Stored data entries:
+---+
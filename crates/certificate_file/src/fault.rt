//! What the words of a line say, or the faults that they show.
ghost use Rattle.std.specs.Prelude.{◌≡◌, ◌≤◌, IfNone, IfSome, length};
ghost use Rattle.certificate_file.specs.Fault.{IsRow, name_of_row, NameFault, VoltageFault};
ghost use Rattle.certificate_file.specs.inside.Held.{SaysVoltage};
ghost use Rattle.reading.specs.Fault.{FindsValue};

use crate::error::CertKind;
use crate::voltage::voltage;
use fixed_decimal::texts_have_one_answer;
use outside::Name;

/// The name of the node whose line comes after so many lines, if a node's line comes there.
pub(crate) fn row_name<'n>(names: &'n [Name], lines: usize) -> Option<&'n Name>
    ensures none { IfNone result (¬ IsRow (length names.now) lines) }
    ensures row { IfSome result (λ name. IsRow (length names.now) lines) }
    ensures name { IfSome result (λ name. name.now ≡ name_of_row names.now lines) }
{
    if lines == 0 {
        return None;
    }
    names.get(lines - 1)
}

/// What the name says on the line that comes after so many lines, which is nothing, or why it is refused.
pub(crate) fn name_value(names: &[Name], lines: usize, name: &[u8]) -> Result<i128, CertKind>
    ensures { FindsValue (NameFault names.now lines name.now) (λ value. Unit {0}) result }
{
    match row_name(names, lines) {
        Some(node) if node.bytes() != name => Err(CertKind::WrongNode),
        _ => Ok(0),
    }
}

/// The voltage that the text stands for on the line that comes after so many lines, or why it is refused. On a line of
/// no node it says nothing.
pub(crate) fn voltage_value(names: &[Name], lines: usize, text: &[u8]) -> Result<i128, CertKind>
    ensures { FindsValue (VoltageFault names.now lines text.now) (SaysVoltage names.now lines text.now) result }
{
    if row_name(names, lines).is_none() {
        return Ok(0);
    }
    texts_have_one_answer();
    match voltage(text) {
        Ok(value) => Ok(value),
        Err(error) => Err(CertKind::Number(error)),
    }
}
+---+
Set down an exact copy of the entries above.

filename crates/certificate_file/src/fault.rt
//! What the words of a line say, or the faults that they show.
ghost use Rattle.std.specs.Prelude.{◌≡◌, ◌≤◌, IfNone, IfSome, length};
ghost use Rattle.certificate_file.specs.Fault.{IsRow, name_of_row, NameFault, VoltageFault};
ghost use Rattle.certificate_file.specs.inside.Held.{SaysVoltage};
ghost use Rattle.reading.specs.Fault.{FindsValue};

use crate::error::CertKind;
use crate::voltage::voltage;
use fixed_decimal::texts_have_one_answer;
use outside::Name;

/// The name of the node whose line comes after so many lines, if a node's line comes there.
pub(crate) fn row_name<'n>(names: &'n [Name], lines: usize) -> Option<&'n Name>
    ensures none { IfNone result (¬ IsRow (length names.now) lines) }
    ensures row { IfSome result (λ name. IsRow (length names.now) lines) }
    ensures name { IfSome result (λ name. name.now ≡ name_of_row names.now lines) }
{
    if lines == 0 {
        return None;
    }
    names.get(lines - 1)
}

/// What the name says on the line that comes after so many lines, which is nothing, or why it is refused.
pub(crate) fn name_value(names: &[Name], lines: usize, name: &[u8]) -> Result<i128, CertKind>
    ensures { FindsValue (NameFault names.now lines name.now) (λ value. Unit {0}) result }
{
    match row_name(names, lines) {
        Some(node) if node.bytes() != name => Err(CertKind::WrongNode),
        _ => Ok(0),
    }
}

/// The voltage that the text stands for on the line that comes after so many lines, or why it is refused. On a line of
/// no node it says nothing.
pub(crate) fn voltage_value(names: &[Name], lines: usize, text: &[u8]) -> Result<i128, CertKind>
    ensures { FindsValue (VoltageFault names.now lines text.now) (SaysVoltage names.now lines text.now) result }
{
    if row_name(names, lines).is_none() {
        return Ok(0);
    }
    texts_have_one_answer();
    match voltage(text) {
        Ok(value) => Ok(value),
        Err(error) => Err(CertKind::Number(error)),
    }
}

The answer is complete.